Gênero e educação: um paradoxo atrás do outro – Por Adriano Senkevics

Na questão gênero e educação, a escola é acusada de discriminação sexista justamente na época em que passa a incorporar, escolarizar e formar as garotas. Esse é o primeiro paradoxo relacionado a gênero e educação, de acordo com o sociólogo francês Bernard Charlot (2009). Continuando o debate iniciado no texto anterior, há um segundo paradoxo, absolutamente complexo e instigante: as meninas, vítimas da discriminação sexista dentro e fora da escola, apresentam os melhores resultados ao longo de sua trajetória escolar.

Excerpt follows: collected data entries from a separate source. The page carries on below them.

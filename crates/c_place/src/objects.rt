//! The objects of a unit.

ghost use Rattle.std.specs.Prelude.{◌≡◌, [], map, IfOk, OnOk};
ghost use Rattle.c_meaning.specs.Units.{in_body, in_functions, in_made, in_values};
ghost use Rattle.c_typed.specs.refinement.Views.{body_of, function_of, list_of, made_of, typed_of};
ghost use Rattle.c_place.specs.refinement.Flags.{flags, of_function};
ghost use Rattle.c_place.specs.refinement.Marks.{in_one, marked_from};

use crate::marks::Marks;
use crate::walk::stmt;
use c_typed::{Function, Made, Stmt, Typed};
use ms_types::Vector;
use std::alloc::{AllocError, Global};
use std::marker::Model;

/// Which variables of a unit are objects.
#[derive(Drop)]
pub struct Objects {
    /// For each function, by its number, a flag for each slot; none where it has no body.
    pub functions: Vec<Vector<bool>>,
    /// A flag for each variable at file scope, by its number.
    pub globals: Vec<bool>,
}

/// Which variables of the unit are objects, in time and memory linear in it.
pub fn find_objects(alloc: Global, unit: &Typed) -> Result<Objects, AllocError>
    ensures functions { IfOk result (λ o. o.functions.items ≡ (flags (typed_of unit.now)).functions) }
    ensures globals { IfOk result (λ o. o.globals.items ≡ (flags (typed_of unit.now)).globals) }
{
    let unit = unit.unit();
    let mut marks = Marks::new(alloc, &unit.globals)?;
    made(&mut marks, &unit.made);
    let functions = functions(alloc, &mut marks, &unit.functions)?;
    Ok(Objects {
        functions,
        globals: marks.into_globals(),
    })
}

/// Values at file scope.
fn values(marks: &mut Marks, ss: &[Stmt])
    requires { marks.old.locals ≡ [] }
    ensures locals { marks.new.locals ≡ [] }
    ensures globals { marks.new.globals ≡ marked_from 0 (λ n. in_values n (list_of ss.now)) marks.old.globals }
{
    for s in ss {
        stmt(marks, s);
    }
}

/// What is made before `main`.
fn made(marks: &mut Marks, made: &[Made])
    requires { marks.old.locals ≡ [] }
    ensures locals { marks.new.locals ≡ [] }
    ensures globals { marks.new.globals ≡ marked_from 0 (λ n. in_made n (map made_of made.now)) marks.old.globals }
{
    for m in made {
        one(marks, m);
    }
}

/// One thing that is made.
fn one(marks: &mut Marks, m: &Made)
    requires { marks.old.locals ≡ [] }
    ensures locals { marks.new.locals ≡ [] }
    ensures globals { marks.new.globals ≡ marked_from 0 (λ n. in_one n (made_of m.now)) marks.old.globals }
{
    match m {
        Made::Global(_, ss) => values(marks, ss),
        Made::Literal(_) => {}
    }
}

/// The flags of the slots of a function.
fn function(alloc: Global, marks: &mut Marks, f: &Function) -> Result<Vector<bool>, AllocError>
    ensures locals { IfOk result (λ flags. flags ≡ of_function (function_of f.now)) }
    ensures globals { OnOk result (marks.new.globals ≡ marked_from 0 (λ n. in_body n (body_of f.now.body)) marks.old.globals) }
{
    match &f.body {
        None => Ok(Vector::new(alloc)),
        Some(body) => {
            marks.begin(&f.slots)?;
            stmt(marks, body);
            Ok(Vector::from_vec(marks.take_locals()))
        }
    }
}

/// The flags of the slots of each function.
fn functions(
    alloc: Global,
    marks: &mut Marks,
    fs: &[Function],
) -> Result<Vec<Vector<bool>>, AllocError>
    ensures locals { IfOk result (λ all. all.items ≡ map of_function (map function_of fs.now)) }
    ensures globals { OnOk result (marks.new.globals ≡ marked_from 0 (λ n. in_functions n (map function_of fs.now)) marks.old.globals) }
{
    let mut all = Vec::new(alloc);
    for f in fs {
        all.push(function(alloc, marks, f)?)?;
    }
    Ok(all)
}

Se estivéssemos pensando a partir da chave que associa “grupos oprimidos” ao obstáculo que eles enfrentam na sociedade, entraríamos em colapso. Porque, seguindo essa lógica, nossas atenções recairiam sobre os meninos no tocante à escolarização. Isso, de fato, aconteceu em países do Norte global. Recentemente, lançaram um documentário alarmista nos EUA chamado The Mask you Live In sobre uma suposta tragédia que afeta os garotos. E já faz algumas décadas, nos países anglófonos, que a preocupação com o desempenho escolar dos meninos tem alimentando um discurso conservador e antifeminista, grosso modo, ao culpar as lutas feministas pelo “fracasso” dos meninos e homens.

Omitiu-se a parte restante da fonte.